++++ ENTRIES SHOWN ++++
//! Where things stand in a picture.

ghost use Rattle.std.specs.Prelude.{◌≡◌, ◌+◌, ◌≤◌};
ghost use Rattle.cdb_draw.specs.Layout.{columns_for, end_x, grid_of, height, IsGrid, IsOnPage, lane_gap};
ghost use Rattle.cdb_draw.specs.Layout.{lane_y, register_y, row_height, row_of, spot, width, x_of};

use cdb_base::Proc;
use cdb_base::limits::MAX_ENTRIES;
use cdb_setup::{Algorithm, Setup};

/// Of a run with more events only what led to a step is drawn.
pub const MOST_DRAWN: usize = 5_000;

/// The columns of a row, how many rows there are, and what a row has.
#[derive(Clone, Copy)]
pub struct Grid {
    pub columns: usize,
    pub rows: usize,
    pub processes: usize,
    /// How far the lanes of two processes are apart.
    pub gap: usize,
    /// How far two rows are apart.
    pub height: usize,
}

/// A point, in quarters of a millimetre from the left and from the top.
#[derive(Clone, Copy)]
pub struct Point {
    pub x: usize,
    pub y: usize,
}

/// How many columns a row has, where this number was asked for.
fn columns_for(asked: usize, count: usize) -> usize
    requires { count ≤ MAX_ENTRIES }
    ensures value { result ≡ columns_for asked count }
    ensures some { 1 ≤ result }
    ensures few { result ≤ MAX_ENTRIES }
{
    if asked == 0 || count <= asked {
        count.max(1)
    } else {
        asked
    }
}

/// The grid with room for that number of events, with this number of columns to a row; with 0 all are in one row.
pub(crate) fn grid_of(setup: &Setup, asked: usize, count: usize) -> Grid
    requires { count ≤ MAX_ENTRIES }
    ensures value { result ≡ grid_of setup.now asked count }
    ensures fits { IsGrid result }
{
    let processes = usize::from(setup.n());
    let columns = columns_for(asked, count);
    let rows = 1 + count.saturating_sub(1) / columns;
    match setup.algorithm() {
        Algorithm::Leader => Grid {
            columns,
            rows,
            processes,
            gap: 88,
            height: 88 * processes + 20,
        },
        Algorithm::Alpha => Grid {
            columns,
            rows,
            processes,
            gap: 60,
            height: 84 * processes + 64,
        },
    }
}

/// The row of the event at a position of the history, from 1.
pub(crate) fn row_of(grid: Grid, position: usize) -> usize
    requires grid { IsGrid grid }
    requires position { position ≤ MAX_ENTRIES }
    ensures value { result ≡ row_of grid position }
    ensures few { result ≤ MAX_ENTRIES }
{
    position.saturating_sub(1) / grid.columns
}

/// Where its column is.
pub(crate) fn x_of(grid: Grid, position: usize) -> usize
    requires grid { IsGrid grid }
    requires position { position ≤ MAX_ENTRIES }
    ensures value { result ≡ x_of grid position }
    ensures least { 110 ≤ result }
    ensures most { result ≤ 52_000_110 }
{
    110 + 52 * (position.saturating_sub(1) % grid.columns)
}

/// The lane of a process in a row.
pub(crate) fn lane_y(grid: Grid, row: usize, p: Proc) -> usize
    requires grid { IsGrid grid }
    requires row { row ≤ MAX_ENTRIES }
    ensures value { result ≡ lane_y grid row p }
    ensures least { 80 ≤ result }
    ensures most { result ≤ 820_001_000 }
{
    80 + row * grid.height + grid.gap * p.index()
}

/// The lane of the `k`-th register in a row.
pub(crate) fn register_y(grid: Grid, row: usize, k: usize) -> usize
    requires grid { IsGrid grid }
    requires row { row ≤ MAX_ENTRIES }
    requires few { k ≤ 10 }
    ensures { result ≡ register_y grid row k }
{
    80 + row * grid.height + grid.gap * (grid.processes - 1) + 16 + 24 * k
}

/// Where the event of a process at a position of the history, from 1, stands.
pub(crate) fn spot(grid: Grid, position: usize, p: Proc) -> Point
    requires grid { IsGrid grid }
    requires position { position ≤ MAX_ENTRIES }
    ensures value { result ≡ spot grid position p }
    ensures within { IsOnPage result }
{
    let x = x_of(grid, position);
    let y = lane_y(grid, row_of(grid, position), p);
    Point { x, y }
}

/// Where a lane ends that no crash ends.
pub(crate) fn end_x(grid: Grid) -> usize
    requires { IsGrid grid }
    ensures { result ≡ end_x grid }
{
    110 + 52 * grid.columns
}

/// How wide the picture is, in millimetres.
pub(crate) fn width(grid: Grid) -> usize
    requires { IsGrid grid }
    ensures value { result ≡ width grid }
    ensures most { result ≤ 13_000_024 }
{
    37 + 13 * grid.columns
}

/// How high the picture is, in quarters of a millimetre.
pub(crate) fn height(grid: Grid) -> usize
    requires { IsGrid grid }
    ensures { result ≡ height grid }
{
    20 + grid.rows * grid.height
}
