//! Names: of processes, steps, messages and copies.

ghost use Rattle.std.specs.Prelude.{◌≡◌, ℕ, ◌+◌, ◌≤◌, ◌↔◌, Some, IsSome, IfSome};
ghost use Rattle.cdb_base.specs.NameTexts.{loss_text, message_text, name_text, step_text};
ghost use Rattle.cdb_base.specs.Processes.{all_processes};

use crate::limits::MAX_PROCESSES;
use std::fmt;
use std::marker::Model;

/// A process, by its number from 1 to 9. A contract sees the number.
#[derive(Clone, Copy, Debug, PartialEq, Eq, PartialOrd, Ord)]
pub struct Proc(u8);

impl Model for Proc {
    ghost use Rattle.cdb_base.specs.Limits.{MAX_PROCESSES};
    ghost use Rattle.std.specs.Prelude.{ℕ, ◌≤◌};

    ghost Value = { ℕ };

    ghost view = { λ p. p.0 };

    ghost invariant = { λ p. (1 ≤ p.0) × (p.0 ≤ MAX_PROCESSES) };

    ghost inverse = { λ n. record { 0 = n } };
}

impl Proc {
    /// The process of that number, from 1 to 9.
    pub fn new(number: u8) -> Self
        requires from_one { 1 ≤ number }
        requires to_nine { number ≤ MAX_PROCESSES }
        ensures value { result ≡ number }
    {
        Proc(number)
    }

    /// The process of that number, where there can be one.
    pub fn from_number(number: u32) -> Option<Self>
        ensures valid { IsSome result ↔ ((1 ≤ number) × (number ≤ MAX_PROCESSES)) }
        ensures value { IfSome result (λ p. p ≡ number) }
    {
        if 1 <= number && number <= u32::from(MAX_PROCESSES) {
            Some(Proc(number as u8))
        } else {
            None
        }
    }

    /// Every process that a run can have, in order of number.
    #[tactic(auto, unfolding(crate::specs::Processes::all_processes))]
    pub fn all() -> [Proc; 9]
        ensures { result ≡ all_processes }
    {
        [
            Proc(1),
            Proc(2),
            Proc(3),
            Proc(4),
            Proc(5),
            Proc(6),
            Proc(7),
            Proc(8),
            Proc(9),
        ]
    }

    /// The number of the process, from 1 to 9.
    pub fn number(self) -> u8
        ensures value { result ≡ self }
        ensures from_one { 1 ≤ result }
        ensures to_nine { result ≤ MAX_PROCESSES }
    {
        self.0
    }

    /// The position of the process in a list of all processes, from 0.
    pub fn index(self) -> usize
        ensures value { result + 1 ≡ self }
        ensures below_nine { result ≤ 8 }
    {
        self.0 as usize - 1
    }
}

/// The first process, for lists that have something in every cell.
impl Default for Proc {
    ghost use Rattle.std.specs.Prelude.{◌≡◌};

    ghost is_default = { λ p. p ≡ 1 };

    fn default() -> Self {
        Self(1)
    }
}

/// The name `P.K` of a step: the `k`-th standing step of process `p`. The steps of a process count
/// from 1 to 9,999; a name with another number names no step.
#[derive(Clone, Copy, Debug, Default, PartialEq, Eq)]
pub struct StepName {
    pub p: Proc,
    pub k: u16,
}

impl fmt::Display for StepName {
    ghost output = { λ name. Some (step_text name.p name.k) };

    fn fmt<W: fmt::Write>(&self, f: &mut fmt::Formatter<W>) -> fmt::Result {
        let (p, k) = (self.p.number(), self.k);
        write!(f, "{p}.{k}")
    }
}

/// The name `S#M` of a message: the `m`-th send of process `s`, from 1.
#[derive(Clone, Copy, Debug, Default, PartialEq, Eq)]
pub struct MsgName {
    pub s: Proc,
    pub m: u16,
}

impl fmt::Display for MsgName {
    ghost output = { λ name. Some (message_text name.s name.m) };

    fn fmt<W: fmt::Write>(&self, f: &mut fmt::Formatter<W>) -> fmt::Result {
        let (s, m) = (self.s.number(), self.m);
        write!(f, "{s}#{m}")
    }
}

/// The copy of a message that is meant for one process. Each message has one copy for each process,
/// the sender too.
#[derive(Clone, Copy, Debug, Default, PartialEq, Eq)]
pub struct CopyName {
    pub msg: MsgName,
    pub to: Proc,
}

/// The loss of the copy, `lost S#M to P`.
impl fmt::Display for CopyName {
    ghost output = { λ copy. Some (loss_text copy) };

    fn fmt<W: fmt::Write>(&self, f: &mut fmt::Formatter<W>) -> fmt::Result {
        let (message, to) = (self.msg, self.to.number());
        write!(f, "lost {message} to {to}")
    }
}

/// The name of an event: a step by its process and number, the loss of a copy by that copy.
#[derive(Clone, Copy, Debug, PartialEq, Eq)]
pub enum StepId {
    Step(StepName),
    Lost(CopyName),
}

impl fmt::Display for StepId {
    ghost output = { λ name. Some (name_text name) };

    fn fmt<W: fmt::Write>(&self, f: &mut fmt::Formatter<W>) -> fmt::Result {
        match self {
            StepId::Step(name) => write!(f, "{name}"),
            StepId::Lost(copy) => write!(f, "{copy}"),
        }
    }
}

/// A name, for lists that have something in every cell.
impl Default for StepId {
    ghost use Rattle.std.specs.Prelude.{◌≡◌};
    ghost use Rattle.cdb_base.specs.declared.name.StepId.TheVariants.{Step};

    ghost is_default = { λ name. name ≡ Step (record { p = 1; k = 0 }) };

    fn default() -> Self {
        StepId::Step(StepName::default())
    }
}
++++
> [WORK REQUIRED]:
Return all lines from the data above with "lists" in them.

> [WRITTEN SOLUTION]:
/// The first process, for lists that have something in every cell.
/// A name, for lists that have something in every cell.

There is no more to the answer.